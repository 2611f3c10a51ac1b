//! The rules on what a unit declares and on its data, and how long its data is.
//!
//! Of the rules that declarations and data break the first is kept while walking, over whatever tells what names mean: each `note_` call
//! says how the first fault goes on, from the definitions of `cmm_static_semantics`. Where the data of a unit ends is told exactly up to the limit on the
//! data of all units. No memory is taken, and time is linear in the unit.
//!
//! - `entries`: the types and values of typedefs, constants and registers; that they depend on themselves is told elsewhere.
//! - `items`: imports, exports, data and spans. `data`: one datum.
//! - `lengths`: how many words a datum or a room of stackdata has, and of how many bytes; where the data of a unit ends. `laying`: where one piece ends.
//! - `laws`: the faults of an entry are those that `entries` tells and that it depends on itself.
#![tactic(auto)]

mod data;
mod entries;
mod items;
mod laws;
mod laying;
mod lengths;

pub use entries::note_entries;
pub use items::{note_item, note_items};
pub use laws::entries_break_by_value_or_cycle;
pub use laying::{DATA_LIMIT, laid};
pub use lengths::{bytes_of, data_count, end_of_data, words_in};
★ ★ ★
» Requirement
The answer must consist of every line in the records above that contains the word "items".

» Result for this task
//! - `items`: imports, exports, data and spans. `data`: one datum.
mod items;
pub use items::{note_item, note_items};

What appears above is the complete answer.